#### Work order:
Look for "Rattle" in the listing below. Gather each line that contains it.
### Data to process
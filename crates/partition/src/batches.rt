ghost use Rattle.std.specs.Prelude.{◌≡◌, ◌+◌, ◌*◌, ◌≤◌, ◌<◌, ◌^◌, IfOk, All, length, map, slice_index};
ghost use Rattle.geom_core.specs.declared.limits.TheConstants.{MAX_TRIANGLES, TRIANGLES_PER_CLUSTER};
ghost use Rattle.partition.specs.Growing.{batches_of};
ghost use Rattle.std.specs.Fork.{slice_chunk};
ghost use Rattle.partition.specs.Internal.EdgeUses.{IsUseBelow};
ghost use Rattle.partition.specs.Internal.RankBatches.{AreBatchesOfRanks};

use crate::edge_uses::{EdgeUse, shared_edges_of_uses};
use crate::growing::grown_order;
use geom_core::{Memory, Nums};
use std::alloc::Global;

/// Returns the batches of the items that have these edge uses, each as a list of numbers: the item of rank r
/// has the number `order[r]`.
pub(crate) fn grow_batches(
    alloc: Global,
    order: &[u32],
    uses: Vec<EdgeUse>,
    size: u32,
) -> Result<Vec<Nums>, Memory>
    requires size_range { 0 < size }
    requires size_limit { size ≤ TRIANGLES_PER_CLUSTER }
    requires item_limit { length order.now ≤ MAX_TRIANGLES }
    requires rank_range { All (IsUseBelow (length order.now)) uses.items }
    ensures { IfOk result (λ batches. AreBatchesOfRanks order.now uses.items size batches.items) }
{
    let count = order.len() as u32;
    let shared = shared_edges_of_uses(alloc, uses, count)?;
    let ranks = grown_order(alloc, count, &shared, size)?;
    let numbers = numbers_at(alloc, order, &ranks)?;
    split_into_batches(alloc, &numbers, size as usize)
}

/// The numbers of the items of these ranks.
fn numbers_at(alloc: Global, order: &[u32], ranks: &[u32]) -> Result<Vec<u32>, Memory>
    requires { All (λ rank. rank < length order.now) ranks.now }
    ensures { IfOk result (λ numbers. numbers.items ≡ map (slice_index order.now) ranks.now) }
{
    let mut numbers = Vec::with_capacity(alloc, ranks.len())?;
    for rank in ranks {
        numbers.push(order[*rank as usize])?;
    }
    Ok(numbers)
}

/// Splits the numbers into batches of `size`; the last one may be smaller.
fn split_into_batches(alloc: Global, numbers: &[u32], size: usize) -> Result<Vec<Nums>, Memory>
    requires size_range { 0 < size }
    requires item_limit { length numbers.now + size ≤ 2 ^ 32 }
    ensures { IfOk result (λ batches. batches.items ≡ batches_of size numbers.now) }
{
    let mut batches = Vec::new(alloc);
    for number in 0..(numbers.len() + (size - 1)) / size {
        let batch = batch_at(alloc, numbers, size, number)?;
        batches.push(batch)?;
    }
    Ok(batches)
}

/// The batch of this number: `size` numbers, or all that are left.
fn batch_at(alloc: Global, numbers: &[u32], size: usize, number: usize) -> Result<Nums, Memory>
    requires { number * size < length numbers.now }
    ensures { IfOk result (λ batch. batch ≡ slice_chunk numbers.now size number) }
{
    let start = number * size;
    let end = start + size.min(numbers.len() - start);
    Ok(Nums::of(numbers[start..end].to_vec(alloc)?))
}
######
#### Solution:
ghost use Rattle.std.specs.Prelude.{◌≡◌, ◌+◌, ◌*◌, ◌≤◌, ◌<◌, ◌^◌, IfOk, All, length, map, slice_index};
ghost use Rattle.geom_core.specs.declared.limits.TheConstants.{MAX_TRIANGLES, TRIANGLES_PER_CLUSTER};
ghost use Rattle.partition.specs.Growing.{batches_of};
ghost use Rattle.std.specs.Fork.{slice_chunk};
ghost use Rattle.partition.specs.Internal.EdgeUses.{IsUseBelow};
ghost use Rattle.partition.specs.Internal.RankBatches.{AreBatchesOfRanks};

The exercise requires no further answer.